*ASSIGNMENT:*
Set down exactly the lines running from the line with "mod flat_rows;" to the end of the listing below, both ends included.

::::

//! What derivations use: expressions, pairs, hypotheses, goals, rows of hints and rule instances,
//! with an index from each slot to the instances that take it.
#![tactic(auto)]

mod flat_rows;
mod order;
mod placed;
mod places;
mod universe;
mod users;

pub use placed::Placed;
pub use universe::Universe;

::::

*RESULT OF THE EXERCISE:*
mod flat_rows;
mod order;
mod placed;
mod places;
mod universe;
mod users;

pub use placed::Placed;
pub use universe::Universe;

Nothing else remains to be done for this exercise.